Zachoval, R, Gerbes, AL, Schwandt, P, Parhofer, KG
Journal of hepatology. 2001;(1):86-91
Abstract
BACKGROUND/AIMS: Hyperlipoproteinemia is frequent following liver transplantation and may lead to atherosclerosis. Lipid-lowering agents may be useful, but could interfere with the function of the transplanted organ and with immunosuppression. We therefore evaluated in a prospective, randomized, open-labeled cross-over trial the effect of two frequently used 3-hydroxy-3-methylglutaryl coenzyme A reductase inhibitors (pravastatin 10 mg d(-1) and cerivastatin 0.1 mg d(-1)) in hyperlipoproteinemic patients after liver transplantation. METHODS Sixteen patients (6.3 +/- 2.0 years post-transplantation, cyclosporine n = 11, tacrolimus n = 5) with hyperlipoproteinemia (cholesterol 246 +/- 42, triglycerides 191 +/- 87, low-density lipoprotein (LDL)-cholesterol 161 +/- 35, high-density lipoprotein (HDL)-cholesterol 44 +/- 11 mg d(-1)) were included.

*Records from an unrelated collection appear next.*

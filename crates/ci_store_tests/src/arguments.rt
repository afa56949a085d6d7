//! Lists of arguments.
use crate::play::{Row, follow};
use crate::steps::{Ask, Step, Tell};
use std::test::Fail;

static LISTS: [Row; 32] = [
    (
        Step::Script(Tell::Run("F", "7")),
        "1 0; starts 1: 0(7, \"d\")",
    ),
    (Step::Script(Tell::Run("F", "7,8")), "-1 10"),
    (
        Step::Script(Tell::Run("F", " 0x10 , \"\" ")),
        "2 0; starts 2: 0(16, \"\")",
    ),
    (
        Step::Script(Tell::Run("f", "-5 ,\"a^\"b^0x41^^\"")),
        "3 0; starts 3: 0(-5, \"a\"bA^\")",
    ),
    (Step::Script(Tell::Run("F", "")), "-1 10"),
    (Step::Script(Tell::Run("F", "1,\"x\",2")), "-1 10"),
    (Step::Script(Tell::Run("F", "\"x\"")), "-1 10"),
    // Of two PUBLIC functions of one name the one with the lesser number counts.
    (Step::Script(Tell::Run("Main", "")), "4 0; starts 4: 1()"),
    (Step::Script(Tell::Run("MAIN", "   ")), "5 0; starts 5: 1()"),
    (Step::Script(Tell::Run("main", "1")), "-1 10"),
    (
        Step::Script(Tell::Run("Two", "1,2")),
        "6 0; starts 6: 2(1, 2)",
    ),
    (Step::Script(Tell::Run("Two", "1")), "-1 10"),
    (Step::Script(Tell::Run("Two", "1,2,3")), "-1 10"),
    (
        Step::Script(Tell::Run("Two", "  1  ,  2  ")),
        "7 0; starts 7: 2(1, 2)",
    ),
    (Step::Script(Tell::Run("Two", "1,\t2")), "-1 10"),
    (
        Step::Script(Tell::Run("Two", "2147483647,-2147483648")),
        "8 0; starts 8: 2(2147483647, -2147483648)",
    ),
    (
        Step::Script(Tell::Run("Two", "0xffffffff,0x7FFFFFFF")),
        "9 0; starts 9: 2(-1, 2147483647)",
    ),
    (
        Step::Script(Tell::Run("Two", "-0,007")),
        "10 0; starts 10: 2(0, 7)",
    ),
    (
        Step::Script(Tell::Run("All", "")),
        "11 0; starts 11: 5(1, \"x\")",
    ),
    (
        Step::Script(Tell::Run("All", "2")),
        "12 0; starts 12: 5(2, \"x\")",
    ),
    (
        Step::Script(Tell::Run("All", "2,\"\"")),
        "13 0; starts 13: 5(2, \"\")",
    ),
    (Step::Script(Tell::Run("All", "\"y\"")), "-1 10"),
    (Step::Script(Tell::Run("All", ",\"y\"")), "-1 10"),
    (Step::Script(Tell::Run("Hidden", "")), "-1 5"),
    (Step::Script(Tell::Run("Nobody", "")), "-1 5"),
    (Step::Script(Tell::Run("Nobody", "1,")), "-1 5"),
    (Step::Script(Tell::Run("", "")), "-1 5"),
    (
        Step::By(1, Ask::TaskNew("F", "-1", 0)),
        "14 0; starts 14: 0(-1, \"d\")",
    ),
    (
        Step::By(1, Ask::TaskNew("Late", " ", -9)),
        "15 0; starts 15: 6()",
    ),
    (Step::By(1, Ask::TaskNew("F", "x", 0)), "-1 10"),
    (Step::By(1, Ask::TaskNew("G", "x", 0)), "-1 5"),
    (
        Step::Tasks,
        "1 ready, 2 ready, 3 ready, 4 ready, 5 ready, 6 ready, 7 ready, 8 ready, 9 ready, 10 ready, 11 ready, 12 ready, 13 ready, 14 ready, 15 ready, live 1 2 3 4 5 6 7 8 9 10 11 12 13 14 15",
    ),
];

#[test]
fn a_function_takes_its_arguments_from_a_list(rt: HostRuntime) -> Result<(), Fail> {
    follow(&rt, rt.alloc(), 0, &LISTS)
}

static NONE: [Row; 20] = [
    (Step::Misfits("2147483648"), "5"),
    (Step::Misfits("0x100000000"), "5"),
    (Step::Misfits("-0x1"), "5"),
    (Step::Misfits("1,"), "5"),
    (Step::Misfits(",1"), "5"),
    (Step::Misfits("\"a"), "5"),
    (Step::Misfits("1 2"), "5"),
    (Step::Misfits("\"a\"b"), "5"),
    (Step::Misfits("-2147483649"), "5"),
    (Step::Misfits("0X10"), "5"),
    (Step::Misfits("0x"), "5"),
    (Step::Misfits("+1"), "5"),
    (Step::Misfits("-"), "5"),
    (Step::Misfits(","), "5"),
    (Step::Misfits("1,,2"), "5"),
    (Step::Misfits("1;2"), "5"),
    (Step::Misfits("1.5"), "5"),
    (Step::Misfits("\"^x\""), "5"),
    (Step::Misfits("a"), "5"),
    (Step::Misfits("1,1,1,1,1,1,1,1,1,1,1,1,1,1,1,1,1"), "5"),
];

#[test]
fn what_is_no_list_fits_no_function(rt: HostRuntime) -> Result<(), Fail> {
    follow(&rt, rt.alloc(), 0, &NONE)
}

Treatment periods of 6 weeks were separated by a 4-week washout period. RESULTS Both medications were tolerated well, no effects on serum concentrations of liver enzymes or immunosuppressive agents were observed. Cerivastatin and pravastatin decreased (P < 0.001) cholesterol by 21 +/- 10% and 15 +/- 10%, LDL-cholesterol by 27 +/- 14% and 17 +/- 15%, respectively, while triglyceride and HDL-cholesterol concentrations did not change significantly. LDL/HDL-cholesterol markedly improved (P < 0.001) by 29 +/- 16% (cerivastatin) and 16 +/- 16% (pravastatin). Cerivastatin was more potent than pravastatin in patients receiving cyclosporine A, while there was no significant difference in patients receiving tacrolimus. CONCLUSIONS Low-dose cerivastatin and pravastatin significantly improve lipid profiles following liver transplantation without affecting liver function or immunosuppression.